What to produce: Quote exactly, and only, the lines of the material below from the line with "result ≡ (stands_before" through the line with "use crate::network::Network;".

━━━━━━━━━━━━━━━━

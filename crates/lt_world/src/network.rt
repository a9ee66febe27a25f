mod reserving;

ghost use Rattle.std.specs.Prelude.{◌≡◌, ◌<◌, ◌+◌, ◌^◌, ℕ, [], ◌∷◌, ◌++◌, All, length, slice_set, IsTrue, IfOk, OnOk, OnErr};
ghost use Rattle.lt_modes.specs.State as rules;
ghost use Rattle.lt_modes.specs.declared.moves.Step.TheVariants.{Act, Take};
ghost use Rattle.lt_spec.specs.World.{start, is_enabled};
ghost use Rattle.lt_desk.specs.LetterSeen.{letter_seen};
ghost use Rattle.lt_spec.specs.NodeMove.{node_act, node_take, act_stamp, take_stamp};
ghost use Rattle.lt_node.specs.NodeData.{NodeDoes, state_of, RoomToTake};
ghost use Rattle.lt_node.specs.Touched.{RoomToAct};
ghost use Rattle.lt_inbox.specs.Mail.{AreDelivered};
ghost use Rattle.lt_spec.specs.Script.{IsScript};
ghost use Rattle.lt_world.specs.Fields.{CanAct, CanTake, IsAfterRun, world_in, run_with, IsReserved, step_of, IsNodeOf, InboxRoom, node_at};
ghost use Rattle.lt_world.specs.declared.reserved.Reserved.TheVariants.{Acting, Taking};

use crate::choice::Choice;
use crate::recording::note_events;
use crate::reserved::Reserved;
use lt_desk::{Letter, Out};
use lt_inbox::Inboxes;
use lt_merge::Run;
use lt_modes::{Move, Stamp, Step};
use lt_node::{Commands, Node};
use lt_script::Script;
use std::alloc::{AllocError, Global};

/// The nodes of a script, the letters on their way to each of them, and the moves made.
pub(crate) struct Network {
    pub(crate) nodes: Vec<Node>,
    pub(crate) inboxes: Inboxes,
    // What a move sends out, on its way to the inboxes and into the run; nothing between moves.
    pub(crate) out: Out,
    pub(crate) run: Run,
}

// Written out, so that all places which let a network go call this.
impl Drop for Network {
    fn drop(self) {
        let Network {
            nodes,
            inboxes,
            out,
            run,
        } = self;
        drop(nodes);
        drop(inboxes);
        drop(out);
        drop(run);
    }
}

impl Network {
    /// The nodes of the script at its start.
    pub(crate) fn new(alloc: Global, script: &Script) -> Result<Network, AllocError>
        ensures holds { IfOk result (IsAfterRun script.now) }
        ensures start { IfOk result (λ n. n.run.entries ≡ []) }
    {
        let nodes = nodes_of(alloc, script)?;
        let inboxes = Inboxes::new(alloc, script.nodes())?;
        Ok(Network {
            nodes,
            inboxes,
            out: Out::new(alloc),
            run: first_run(alloc, script)?,
        })
    }

    /// The moves made, without the rest.
    pub(crate) fn into_run(self) -> Run
        ensures { result ≡ self.run }
    {
        let Network {
            nodes,
            inboxes,
            out,
            run,
        } = self;
        drop(nodes);
        drop(inboxes);
        drop(out);
        run
    }

    /// Makes the move. Where memory is refused, all stand as they did.
    pub(crate) fn step(&mut self, script: &Script, choice: Choice) -> Result<(), AllocError>
        requires holds { IsAfterRun script.now self.old }
        requires enabled { IsTrue (is_enabled script.now (world_in script.now self.old) choice.node choice.step) }
        requires few { length self.old.run.entries + 1 < 2 ^ 62 }
        ensures holds { IsAfterRun script.now self.new }
        ensures ok { OnOk result (self.new.run.entries ≡ run_with script.now self.old.run.entries choice.node choice.step) }
        ensures err { OnErr result (self.new.run.entries ≡ self.old.run.entries) }
    {
        match choice.step {
            Step::Act(client) => {
                self.reserve_act(script, choice.node, client)?;
                self.act(script, choice.node, client);
            }
            Step::Take(sender) => self.take_front(script, choice.node, sender)?,
        }
        Ok(())
    }

    // This node takes the front letter of the sender. Where memory is refused, the letter goes back.
    fn take_front(&mut self, script: &Script, node: u8, sender: u8) -> Result<(), AllocError>
        requires holds { IsAfterRun script.now self.old }
        requires enabled { IsTrue (is_enabled script.now (world_in script.now self.old) node (Take sender)) }
        requires few { length self.old.run.entries + 1 < 2 ^ 62 }
        ensures holds { IsAfterRun script.now self.new }
        ensures ok { OnOk result (self.new.run.entries ≡ run_with script.now self.old.run.entries node (Take sender)) }
        ensures err { OnErr result (self.new.run.entries ≡ self.old.run.entries) }
    {
        let mut letter = self.inboxes.pop_front(sender, node);
        if let Err(error) = self.reserve_letter(node, &mut letter) {
            self.inboxes.put_front(sender, node, letter);
            return Err(error);
        }
        self.take(script, node, sender, letter);
        Ok(())
    }

    /// Makes the move for which room was made.
    pub(crate) fn make(&mut self, script: &Script, node: u8, reserved: Reserved)
        requires { IsReserved script.now self.old node reserved }
        ensures holds { IsAfterRun script.now self.new }
        ensures entries { self.new.run.entries ≡ run_with script.now self.old.run.entries node (step_of reserved) }
    {
        match reserved {
            Reserved::Acting { client } => self.act(script, node, client),
            Reserved::Taking { sender, letter } => self.take(script, node, sender, letter),
        }
    }

    // Makes the next command of a client of this node.
    fn act(&mut self, script: &Script, node: u8, client: u16)
        requires { IsReserved script.now self.old node (Acting client) }
        ensures holds { IsAfterRun script.now self.new }
        ensures entries { self.new.run.entries ≡ run_with script.now self.old.run.entries node (Act client) }
    {
        let stamp = act_at(&mut self.nodes, node, client, &mut self.out);
        let step = Step::Act(client);
        record_move(
            &mut self.inboxes,
            &mut self.run,
            Move { stamp, step },
            &mut self.out,
        );
    }

    // This node takes the letter of the sender.
    fn take(&mut self, script: &Script, node: u8, sender: u8, letter: Letter)
        requires { IsReserved script.now self.old node (Taking sender letter) }
        ensures holds { IsAfterRun script.now self.new }
        ensures entries { self.new.run.entries ≡ run_with script.now self.old.run.entries node (Take sender) }
    {
        let stamp = take_at(&mut self.nodes, node, letter, &mut self.out);
        let step = Step::Take(sender);
        record_move(
            &mut self.inboxes,
            &mut self.run,
            Move { stamp, step },
            &mut self.out,
        );
    }
}

// A run with no moves yet, and room for as many moves and lines as the commands often come to.
fn first_run(alloc: Global, script: &Script) -> Result<Run, AllocError>
    ensures { IfOk result (λ run. run.entries ≡ []) }
{
    let commands = script.commands() as usize;
    Run::with_room(
        alloc,
        commands.saturating_mul(3),
        commands.saturating_mul(4),
    )
}

// All nodes of the script at its start.
fn nodes_of(alloc: Global, script: &Script) -> Result<Vec<Node>, AllocError>
    ensures count { IfOk result (λ nodes. length nodes.items ≡ script.now.nodes) }
    ensures each { IfOk result (λ nodes. (q : ℕ) → q < script.now.nodes → IsNodeOf script.now q ((start script.now).node q) (node_at nodes.items q)) }
    ensures script { IsScript script.now }
{
    let count = script.nodes();
    let mut commands = Commands::new(alloc, script)?;
    let mut nodes = Vec::with_capacity(alloc, usize::from(count))?;
    for node in 0..count {
        nodes.push(Node::with_commands(alloc, script, node, &mut commands)?)?;
    }
    Ok(nodes)
}

// This node makes the next command of the client.
fn act_at(nodes: &mut Vec<Node>, node: u8, client: u16, out: &mut Out) -> Stamp
    requires node { node < length nodes.old.items }
    requires acts { CanAct (node_at nodes.old.items node) client }
    requires room { RoomToAct client (node_at nodes.old.items node) out.old }
    ensures stamp { result ≡ act_stamp (node_at nodes.old.items node).me (state_of (node_at nodes.old.items node)) }
    ensures others { nodes.new.items ≡ slice_set nodes.old.items node (node_at nodes.new.items node) }
    ensures does { NodeDoes (node_act (node_at nodes.old.items node).script (node_at nodes.old.items node).me client (state_of (node_at nodes.old.items node))) (node_at nodes.old.items node) out.old (node_at nodes.new.items node) out.new }
{
    let mover = &mut nodes[usize::from(node)];
    let stamp = mover.stamp_of_act();
    mover.act(client, out);
    stamp
}

// This node takes the letter.
fn take_at(nodes: &mut Vec<Node>, node: u8, letter: Letter, out: &mut Out) -> Stamp
    requires node { node < length nodes.old.items }
    requires takes { CanTake (node_at nodes.old.items node) (letter_seen letter) }
    requires room { RoomToTake (node_at nodes.old.items node) letter out.old }
    ensures stamp { result ≡ take_stamp (node_at nodes.old.items node).me (state_of (node_at nodes.old.items node)) (letter_seen letter) }
    ensures others { nodes.new.items ≡ slice_set nodes.old.items node (node_at nodes.new.items node) }
    ensures does { NodeDoes (node_take (node_at nodes.old.items node).me (letter_seen letter) (state_of (node_at nodes.old.items node))) (node_at nodes.old.items node) out.old (node_at nodes.new.items node) out.new }
{
    let mover = &mut nodes[usize::from(node)];
    let stamp = mover.stamp_of_take(&letter);
    mover.take(letter, out);
    stamp
}

// Notes the move that its node made, and sends on what it sent out.
#[inline(always)]
fn record_move(inboxes: &mut Inboxes, run: &mut Run, made: Move, out: &mut Out)
    requires sender { made.stamp.node < inboxes.old.nodes }
    requires targets { All (λ (post : rules.Post). post.to < inboxes.old.nodes) out.old.posts }
    requires room { InboxRoom inboxes.old run.old out.old }
    ensures delivered { AreDelivered made.stamp.node out.old.posts inboxes.old inboxes.new }
    ensures entries { run.new.entries ≡ run.old.entries ++ record { made = made; events = out.old.events } ∷ [] }
    ensures out { (out.new.posts ≡ []) × (out.new.events ≡ []) }
{
    out.is_within();
    run.push(made);
    note_events(out, run);
    inboxes.deliver(made.stamp.node, out);
}
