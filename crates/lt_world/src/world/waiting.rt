ghost use Rattle.std.specs.Prelude.{◌≡◌, ◌<◌, ◌||◌, ◌++◌, ℕ, false, IfSome, IsFalse, OnOk, OnErr, length, map};
ghost use Rattle.lt_modes.specs.Modes.{count_of};
ghost use Rattle.lt_modes.specs.Waiting.{pending_ask, stands_before, parked_behind};
ghost use Rattle.lt_spec.specs.Facts.{state_at};
ghost use Rattle.lt_spec.specs.NodeMove.{home};
ghost use Rattle.lt_spec.specs.Holdings.{holds_against, waits_behind, gave_up, is_kept_by, waits_for, waits_behind_void};
ghost use Rattle.lt_spec.specs.Rings.{numbers_below};
ghost use Rattle.lt_node.specs.NodeData.{first_ask};
ghost use Rattle.lt_world.specs.Fields.{world_of, bars_by_lock};
ghost use Rattle.lt_world.specs.Waits.{stands_in_way, void_in_way, waits_by};

use super::World;
use lt_modes::{Ask, MODES, Mode};
use std::alloc::AllocError;

// Who waits for whom.
impl World {
    /// Whether the client waits for the other one.
    pub fn waits_for(&self, client: u16, other: u16) -> bool
        requires client { client < length self.now.script.clients }
        requires other { other < length self.now.script.clients }
        ensures { result ≡ waits_for self.now.script (world_of self.now) client other }
    {
        self.waits_by(client, other, &self.ask_of(client))
    }

    /// Adds a mark for each client, in order: whether the client waits for it.
    pub fn push_waits(&self, marks: &mut Vec<bool>, client: u16) -> Result<(), AllocError>
        requires { client < length self.now.script.clients }
        ensures marks { OnOk result (marks.new.items ≡ marks.old.items
            ++ map (waits_for self.now.script (world_of self.now) client) (numbers_below (length self.now.script.clients))) }
        ensures unchanged { OnErr result (marks.new.items ≡ marks.old.items) }
    {
        let ask = self.ask_of(client);
        let behind = self.behind(*marks.allocator(), &ask)?;
        marks.reserve(usize::from(self.script.clients()))?;
        for other in 0..self.script.clients() {
            marks.push_reserved(self.waits_by_marks(client, other, &ask, &behind));
        }
        Ok(())
    }

    // The ask for which the client waits with its set, if it does.
    pub(super) fn ask_of(&self, client: u16) -> Option<(u32, Ask)>
        requires { client < length self.now.script.clients }
        ensures within { IfSome result (λ found. found.0 < length self.now.script.sets) }
        ensures waits { (other : ℕ)
            → waits_for self.now.script (world_of self.now) client other ≡ waits_by self.now client other result }
        ensures voids { (other : ℕ)
            → waits_behind_void self.now.script (world_of self.now) client other ≡ void_in_way self.now other result }
    {
        let _ = &self.script;
        self.first_ask(client)
    }

    // The client's unanswered ask that it didn't give up, in the first set that has one, with this set.
    fn first_ask(&self, client: u16) -> Option<(u32, Ask)>
        requires { client < length self.now.script.clients }
        ensures { result ≡ first_ask self.now.script ((world_of self.now).node (home self.now.script client)) client }
    {
        self.network.nodes[usize::from(self.script.home(client))].ask_of(client)
    }

    // Whether the other one is another client, and stands in the way of the client's ask, if there is one.
    fn waits_by(&self, client: u16, other: u16, ask: &Option<(u32, Ask)>) -> bool
        requires other { other < length self.now.script.clients }
        requires set { IfSome ask.now (λ found. found.0 < length self.now.script.sets) }
        ensures { result ≡ waits_by self.now client other ask.now }
    {
        client != other && self.is_kept(other, ask)
    }

    // Whether the other client stands in the way of the ask, if there is one.
    fn is_kept(&self, other: u16, ask: &Option<(u32, Ask)>) -> bool
        requires other { other < length self.now.script.clients }
        requires set { IfSome ask.now (λ found. found.0 < length self.now.script.sets) }
        ensures { result ≡ stands_in_way self.now other ask.now }
    {
        match ask {
            Some((set, ask)) => self.is_kept_by(*set, other, ask),
            None => false,
        }
    }

    // Whether the other client's lock or ask stands in the way of the ask.
    fn is_kept_by(&self, set: u32, other: u16, ask: &Ask) -> bool
        requires set { set < length self.now.script.sets }
        requires other { other < length self.now.script.clients }
        ensures { result ≡ is_kept_by self.now.script (world_of self.now) set other ask.now }
    {
        self.holds_against(set, ask.mode, other)
            || (!self.gave_up(set, other) && self.waits_behind(set, other, ask.client))
    }

    // Whether the client's ask for the set is void.
    pub(super) fn gave_up(&self, set: u32, client: u16) -> bool
        requires set { set < length self.now.script.sets }
        requires client { client < length self.now.script.clients }
        ensures { result ≡ gave_up self.now.script (world_of self.now) set client }
    {
        let home = usize::from(self.script.home(client));
        self.network.nodes[home].is_gone(set, client)
    }

    // Whether the client holds a lock of the set with which the mode conflicts.
    pub(super) fn holds_against(&self, set: u32, mode: Mode, client: u16) -> bool
        requires set { set < length self.now.script.sets }
        requires client { client < length self.now.script.clients }
        ensures { result ≡ holds_against self.now.script (world_of self.now) set mode client }
    {
        for &own in &MODES {
            if self.is_against(set, mode, client, own) {
                return true;
            }
        }
        false
    }

    // Whether the client holds a lock of the set in its own mode, and the mode conflicts with that.
    fn is_against(&self, set: u32, mode: Mode, client: u16, own: Mode) -> bool
        requires set { set < length self.now.script.sets }
        requires client { client < length self.now.script.clients }
        ensures { result ≡ bars_by_lock self.now set mode client own }
    {
        mode.conflicts(own) && self.held(set, client, own) > 0
    }

    // How many locks of the mode the client holds in the set.
    fn held(&self, set: u32, client: u16, mode: Mode) -> u64
        requires set { set < length self.now.script.sets }
        requires client { client < length self.now.script.clients }
        ensures { result ≡ count_of (state_at (world_of self.now) set (home self.now.script client)).held client mode }
    {
        let home = usize::from(self.script.home(client));
        self.network.nodes[home].count(set, client, mode)
    }

    // Whether at some node the other client's ask for the set stands before the client's, or the client's is parked behind
    // it.
    fn waits_behind(&self, set: u32, other: u16, client: u16) -> bool
        requires set { set < length self.now.script.sets }
        requires other { other < length self.now.script.clients }
        ensures { result ≡ waits_behind self.now.script (world_of self.now) set other client }
    {
        if !self.asks(set, other) {
            return false;
        }
        for node in 0..self.script.nodes() {
            if self.is_behind(node, set, other, client) {
                return true;
            }
        }
        false
    }

    // Whether the client has an unanswered ask for the set. Nobody waits behind one that has none.
    fn asks(&self, set: u32, client: u16) -> bool
        requires set { set < length self.now.script.sets }
        requires client { client < length self.now.script.clients }
        ensures { IsFalse result
            → (later : ℕ) → waits_behind self.now.script (world_of self.now) set client later ≡ false }
    {
        let _ = &self.script;
        self.ask_in(set, client).is_some()
    }

    // The client's unanswered ask for the set, if it has one.
    fn ask_in(&self, set: u32, client: u16) -> Option<Ask>
        requires set { set < length self.now.script.sets }
        requires client { client < length self.now.script.clients }
        ensures { result ≡ pending_ask (state_at (world_of self.now) set (home self.now.script client)) client }
    {
        let home = usize::from(self.script.home(client));
        self.network.nodes[home].ask_in(set, client)
    }

    // Whether it is so at this node.
    fn is_behind(&self, node: u8, set: u32, other: u16, client: u16) -> bool
        requires node { node < self.now.script.nodes }
        requires set { set < length self.now.script.sets }
        ensures { result ≡ (stands_before (state_at (world_of self.now) set node) other client
            || parked_behind (state_at (world_of self.now) set node) other client) }
    {
        let here = &self.network.nodes[usize::from(node)];
        here.stands_before(set, other, client) || here.parked_behind(set, other, client)
    }
}
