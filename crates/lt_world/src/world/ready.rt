ghost use Rattle.std.specs.Prelude.{◌≡◌, ◌<◌, ◌∷◌, ◌++◌, [], IsTrue, IfOk, IfErr};
ghost use Rattle.lt_spec.specs.World.{is_enabled, logged, moves_of};
ghost use Rattle.lt_world.specs.Fields.{world_of};
ghost use Rattle.lt_world.specs.Ready.{AreWorldParts, world_with};

use super::turns::note_turns;
use super::{World, count_move};
use crate::choice::Choice;
use crate::network::Network;
use crate::reserved::Reserved;
use lt_script::Script;
use lt_turns::Turns;
use std::marker::Model;

/// A world with room for one move, which therefore can't fail.
#[derive(Drop)]
pub struct Ready {
    parts: Parts,
    choice: Choice,
    reserved: Reserved,
}

// What a world is made of, while room is made for a move and the move is made or left.
#[derive(Drop)]
struct Parts {
    script: Script,
    limit: u32,
    network: Network,
    moves: Vec<u32>,
    turns: Turns,
    most: u32,
}

impl Model for Ready {
    ghost use Rattle.lt_world.specs.Ready.{ReadyData, HasRoomToMove, world_with};

    ghost Value = { ReadyData };

    ghost view = { λ r. record {
      world = world_with r.parts;
      choice = r.choice;
    } };

    ghost invariant = { λ r. HasRoomToMove r.parts r.choice r.reserved };
}

impl World {
    /// Makes room for an enabled move of a node that has made fewer moves than the limit. Where memory is refused, the
    /// world comes back as it was.
    pub fn reserve(self, choice: Choice) -> Result<Ready, World>
        requires enabled { IsTrue (is_enabled self.script (world_of self) choice.node choice.step) }
        requires room { moves_of choice.node self.run < self.limit }
        ensures ok { IfOk result (λ ready. ready ≡ record { world = self; choice = choice }) }
        ensures err { IfErr result (λ world. world ≡ self) }
    {
        let mut parts = self.into_parts();
        match parts.network.reserve(&parts.script, choice) {
            Ok(reserved) => Ok(Ready {
                parts,
                choice,
                reserved,
            }),
            Err(_) => Err(parts.whole()),
        }
    }

    fn into_parts(self) -> Parts
        ensures whole { AreWorldParts result }
        ensures same { world_with result ≡ self }
    {
        let World {
            script,
            limit,
            network,
            moves,
            turns,
            most,
        } = self;
        Parts {
            script,
            limit,
            network,
            moves,
            turns,
            most,
        }
    }
}

impl Ready {
    /// Makes the move.
    pub fn make(self) -> World
        ensures { result ≡ record self.world { run = self.world.run ++ logged self.world.script (world_of self.world) self.choice.node self.choice.step ∷ [] } }
    {
        let Ready {
            mut parts,
            choice,
            reserved,
        } = self;
        parts.network.make(&parts.script, choice.node, reserved);
        count_move(&mut parts.moves, &mut parts.most, choice.node);
        note_turns(&mut parts.turns, &parts.script, &parts.network, choice.step);
        parts.whole()
    }

    /// Leaves the move: the world as it was.
    pub fn leave(self) -> World
        ensures { result ≡ self.world }
    {
        let Ready {
            mut parts,
            choice,
            reserved,
        } = self;
        parts.network.leave(&parts.script, choice.node, reserved);
        parts.whole()
    }
}

impl Parts {
    // Puts them together again.
    fn whole(self) -> World
        requires { AreWorldParts self }
        ensures { result ≡ world_with self }
    {
        let Parts {
            script,
            limit,
            network,
            moves,
            turns,
            most,
        } = self;
        World {
            script,
            limit,
            network,
            moves,
            turns,
            most,
        }
    }
}
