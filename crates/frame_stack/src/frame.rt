//! A frame: a machine, and the classes of its method.

use obj_kinds::ClassName;
use os_machine::Machine;

/// A frame over its code. That of a method has the class that declares the method and the class on which it was called; that of a
/// script has neither.
#[derive(Drop)]
pub struct RunningFrame<'a> {
    pub machine: Machine<'a>,
    pub declarer: Option<&'a ClassName>,
    pub called_on: Option<&'a ClassName>,
}
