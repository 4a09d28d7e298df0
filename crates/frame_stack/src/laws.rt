//! Laws: frames one above the other are what is left of a process.

ghost use Rattle.frame_stack.specs.Laws.{ScriptsBegin, EventsShow, AnswersGo, MethodsBegin, NoneBegins, ValuesGo, ProcessesEnd};

/// What is left of the frame of a script alone is the process of this script, from its beginning.
pub fn scripts_begin_alone<M>(_memory: &M)
    ensures { ScriptsBegin M }
{}

/// What the frame on top shows is what the process does next, and behind it is what is left then.
pub fn events_are_those_of_the_process<M>(_memory: &M)
    ensures { EventsShow M }
{}

/// Where the frame on top is given an answer, what is left is what the process does behind this answer.
pub fn answers_go_to_the_top<M>(_memory: &M)
    ensures { AnswersGo M }
{}

/// Where a method is put on top of the frame that called it, what is left is what the call means; the 65th frame doesn't begin, and the
/// call is answered with an error.
pub fn methods_begin_on_top<M>(_memory: &M)
    ensures begin { MethodsBegin M }
    ensures full { NoneBegins M }
{}

/// The value with which a method ends is the answer to the frame below it; any other end, and each end of the frame at the bottom,
/// is that of the process.
pub fn ends_go_to_the_frame_below<M>(_memory: &M)
    ensures value { ValuesGo M }
    ensures process { ProcessesEnd M }
{}
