//! The frames of a process: that of its script, and above it those of the methods that were called and haven't ended.
#![tactic(auto)]

mod frame;
mod laws;
mod stack;

pub use frame::RunningFrame;
pub use laws::{
    answers_go_to_the_top, ends_go_to_the_frame_below, events_are_those_of_the_process,
    methods_begin_on_top, scripts_begin_alone,
};
pub use stack::{PushError, Stack};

━━━━━━━━━━━━━━━━

Completed task:
        ensures { result ≡ (stands_before (state_at (world_of self.now) set node) other client
            || parked_behind (state_at (world_of self.now) set node) other client) }
    {
        let here = &self.network.nodes[usize::from(node)];
        here.stands_before(set, other, client) || here.parked_behind(set, other, client)
    }
}
filename crates/lt_world/src/world/ready.rt
ghost use Rattle.std.specs.Prelude.{◌≡◌, ◌<◌, ◌∷◌, ◌++◌, [], IsTrue, IfOk, IfErr};
ghost use Rattle.lt_spec.specs.World.{is_enabled, logged, moves_of};
ghost use Rattle.lt_world.specs.Fields.{world_of};
ghost use Rattle.lt_world.specs.Ready.{AreWorldParts, world_with};

use super::turns::note_turns;
use super::{World, count_move};
use crate::choice::Choice;
use crate::network::Network;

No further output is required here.